The data for cost efficiency is available back to August 25, 2019.

Working with the Cost Efficiency page for AWS

HPE Consumption Analytics Portal uses the following cost and usage records to find total instance hours and the corresponding cost for the average cost per hour:

  • For AWS EC2: On-demand, Reserved Instance, Savings Plans, and Spot.
  • For AWS RDS: On-demand and Reserved Instance.

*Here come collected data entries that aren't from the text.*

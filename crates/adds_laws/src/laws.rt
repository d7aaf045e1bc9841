ghost use Rattle.std.specs.Prelude.{◌≡◌, Bool, List};
ghost use Rattle.mid_base.specs.declared.entries.Entry.{Entry};
ghost use Rattle.mid_base.specs.declared.host_spec.HostSpec.{HostSpec};
ghost use Rattle.mid_base.specs.declared.steps.Step.{Step};
ghost use Rattle.host_template.specs.Standing.{Before};
ghost use Rattle.trace_model.specs.Legal.{onto};
ghost use Rattle.debug_adapter.specs.LowerRun.{LowerRun};
ghost use Rattle.mid_core.specs.Steps.{AddsTo};
ghost use Rattle.drain_rounds.specs.Making.{IsDueAfter};

// Here P is what a journal holds, the newest entry first.

/// After any entries a step adds one list at most over the simulated adapter.
pub fn what_a_step_adds_is_one_list()
    ensures { (s : HostSpec) (b : Before) (P : List Entry) (t : Step) (due other : Bool) (g h : List Entry)
        → AddsTo s due P t g → LowerRun s b (onto g P)
        → AddsTo s other P t h → LowerRun s b (onto h P)
        → g ≡ h }
{}

/// After no entries is an answer of the adapter both due and not due.
pub fn it_is_determined_whether_an_answer_is_due()
    ensures { (s : HostSpec) (b : Before) (P : List Entry) (x y : Bool) → IsDueAfter s b P x → IsDueAfter s b P y → x ≡ y }
{}
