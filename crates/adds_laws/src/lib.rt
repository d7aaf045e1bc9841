//! What a step adds to a journal over the simulated adapter is one list.
//!
//! The rules say which entries may stand, and leave open what a lower layer answers. The simulated adapter leaves nothing open:
//! its part of a journal is determined by what stands before (`LowerRun`). The laws here say that nothing is left then: two
//! lists that a step could add (`AddsTo`) after the same entries are the same.
#![tactic(auto)]

mod laws;

pub use laws::{it_is_determined_whether_an_answer_is_due, what_a_step_adds_is_one_list};
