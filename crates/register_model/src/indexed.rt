//! A history with an index of its changes, by which its legality is tested: `IsIndexOf` of
//! `specs/Index.antt`. Who only writes a history down makes none.

ghost use Rattle.std.specs.Prelude.{◌≡◌, ◌↔◌, ℕ, IfOk, IsTrue};
ghost use Rattle.std.specs.List.Sorted.{IsNonDecreasingBy};
ghost use Rattle.register_model.specs.Index.{IsIndexOf};

use crate::history::History;
use crate::index::Index;
use crate::op::{Op, Opening};
use crate::openings::is_by_file;
use std::alloc::{AllocError, Global};
use std::marker::Model;

/// A history, and where its changes stand. Contracts see it as the history.
pub struct IndexedHistory {
    history: History,
    index: Index,
    is_by_file: bool,
}

// Written by hand, it is proved here alone; derived, each crate above would prove how each part is
// dropped.
impl Drop for IndexedHistory {
    fn drop(self) {
        let IndexedHistory {
            history,
            index,
            is_by_file: _,
        } = self;
        drop(history);
        drop(index);
    }
}

impl Model for IndexedHistory {
    ghost use Rattle.register_model.specs.Register as register;
    ghost use Rattle.std.specs.Prelude.{IsTrue, ◌↔◌};
    ghost use Rattle.std.specs.List.Sorted.{IsNonDecreasingBy};
    ghost use Rattle.register_model.specs.Index.{IsIndexOf};

    ghost Value = { register.History };

    ghost view = { λ h. h.history };

    ghost invariant = { λ h. IsIndexOf h.history.ops h.index.by_point.items h.index.by_file.items × (IsTrue h.is_by_file ↔ IsNonDecreasingBy (λ f. f.file) h.history.opening) };
}

impl History {
    /// The history with its index, in the time of sorting its changes. The one error is running out
    /// of memory.
    pub fn indexed(self, alloc: Global) -> Result<IndexedHistory, AllocError>
        ensures { IfOk result (λ h. h ≡ self) }
    {
        let index = Index::new(alloc, self.ops())?;
        let is_by_file = is_by_file(self.opening());
        Ok(IndexedHistory {
            history: self,
            index,
            is_by_file,
        })
    }
}

impl IndexedHistory {
    /// The files that were there before the first step.
    pub(crate) fn opening(&self) -> &[Opening]
        ensures { result.now ≡ self.now.opening }
    {
        self.history.opening()
    }

    /// The operations, in the order of their begins.
    pub(crate) fn ops(&self) -> &[Op]
        ensures { result.now ≡ self.now.ops }
    {
        self.history.ops()
    }

    /// Where the changes stand.
    pub(crate) fn index(&self) -> &Index
        ensures { IsIndexOf self.now.ops result.now.by_point.items result.now.by_file.items }
    {
        &self.index
    }

    /// Whether the files that were there at first stand in the order of their ids.
    pub(crate) fn is_by_file(&self) -> bool
        ensures { IsTrue result ↔ IsNonDecreasingBy (λ f. f.file) self.now.opening }
    {
        self.is_by_file
    }
}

HPE Consumption Analytics Portal calculates the daily average cost by dividing the daily total cost by the daily total instance hours.

 

If you use the AWS Cost and Usage Billing Report (CUR) in setting up your collection, the Reserved Instance and Savings Plans all upfront and partial upfront fees are included in the total cost used in calculating the average cost per hour. If you use the legacy AWS Detailed Billing Reports (DBR), those fees are not included. Therefore, if you switch from the DBR to the CUR, the average cost per hour will be lower using the DBR data than using the CUR data. 

The Detailed Billing Reports feature in AWS is deprecated in favor of the Cost and Usage Report.  It is unavailable for new AWS customers as of July 2019.

Working with the Cost Efficiency page for Azure 

HPE Consumption Analytics Portal uses the following cost and usage records to find total instance hours and the corresponding cost for the average cost per hour: 

  • For Azure Virtual Machine: On-demand, Reserved Instance, and Spot. The software license cost is not included. 
  • For Azure SQL Database: On-demand and Reserved Instance. Services include Azure SQL Database, Azure Database for MySQL, Azure Database for MariaDB, and Azure Database for PostgreSQL. Only database services metered by vCore, not DTU, are included in the calculation. 

 

  • If the source data was delayed from Azure, or later updated by Azure, the data for the past 7 days may not reflect the actual average cost and instance hours.
  • The cost efficiency data is computed based on Azure EA collection data only. 

 

Currently, HPE Consumption Analytics Portal uses the billing data from the Actual Cost data set.  A future enhancement to use the billing data from the Amortized data set will include the Reserved Instance upfront fee.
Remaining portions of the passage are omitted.